Diving Deep: Profiling Exhausted T Cells in the Tumor Microenvironment Using Spectral Flow Cytometry

Fresh tumor cytometric profiling is essential for interrogating the tumor microenvironment (TME) and identifying potential therapeutic targets to enhance antitumor immunity. Challenges arise due to the limited number of cells in clinical biopsies and inter-patient variability. To maximize data derived from a single biopsy, spectral cytometry was leveraged, enabling extensive profiling with significantly fewer cells than mass cytometry. Furthermore, the utilization of multiple markers within one tube can potentially reveal novel and extensive dynamic immune characteristics in cancer, thereby aiding treatment strategies and enhancing patient outcomes.
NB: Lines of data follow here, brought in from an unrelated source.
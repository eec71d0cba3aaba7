// Where a rule is broken.
ghost use Rattle.std.specs.Prelude.{◌≡◌};
ghost use Rattle.form_rules.specs.Break.{comes_before, merged};

/// A broken rule: the number of nodes before the node that breaks it, in order of places, and the rule's
/// number.
#[derive(Clone, Copy, Debug, PartialEq, Eq)]
pub struct Break {
    pub place: u32,
    pub rule: u8,
}

fn comes_before(one: Break, other: Break) -> bool
    ensures { result ≡ comes_before one other }
{
    one.place < other.place || (one.place == other.place && one.rule < other.rule)
}

/// The first of two breaks, by place and then by rule, where there is one.
pub fn first_of(one: Option<Break>, other: Option<Break>) -> Option<Break>
    ensures first { result ≡ merged one other }
{
    match (one, other) {
        (Some(a), Some(b)) => Some(if comes_before(b, a) { b } else { a }),
        (Some(a), None) => Some(a),
        (None, b) => b,
    }
}
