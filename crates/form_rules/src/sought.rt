// How names are declared, and what is sought of them.

/// How a name is declared. `Hoisted` is a function at the top of a script, a function or a static block,
/// and `Repeatable` one in a block of code that isn't strict.
#[derive(Clone, Copy, Debug, PartialEq, Eq)]
pub enum Sort {
    Lexical,
    Repeatable,
    Hoisted,
    Variable,
    Parameter,
    CatchParameter,
}

/// What is sought in a row of nodes.
#[derive(Clone, Copy, Debug, PartialEq, Eq)]
pub enum Sought {
    Nothing,
    /// The names among them, as those of a function or class.
    Names(Sort),
    /// What patterns bind.
    Bound(Sort),
    /// What statements declare in their scope, functions so, and by `var` in all that lies below.
    Scope(Sort),
    /// What they declare by `var` alone.
    Variables,
    /// The parameters of a function, and what the body behind them declares.
    FunctionScope,
    /// Those of a catch, and what its body declares, functions so.
    CatchScope(Sort),
}
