#![tactic(auto)]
Here, we introduce a customized 39-color panel for in-depth phenotyping of exhausted T cells (TEX), which are dysfunctional T-cell subsets that arise during cancer progression. This study aims to investigate profiles of CD4 T, CD8 T, regulatory T (Treg), and γδ2 cells while exploring the heterogeneity of CD8+ TEX subsets. Given the rarity and heterogeneity of tumor biopsies, we evaluated the effects of tissue dissociation enzymes on staining protocols using cryopreserved peripheral blood mononuclear cells (PBMCs). This is vital for the development of high-dimensional cytometry panels, especially since collagenases may cleave markers in dissociated tumor cells (DTCs). Our protocol also optimizes intracellular marker staining, enhancing insights into TEX function and biology, ultimately identifying potential therapeutic targets.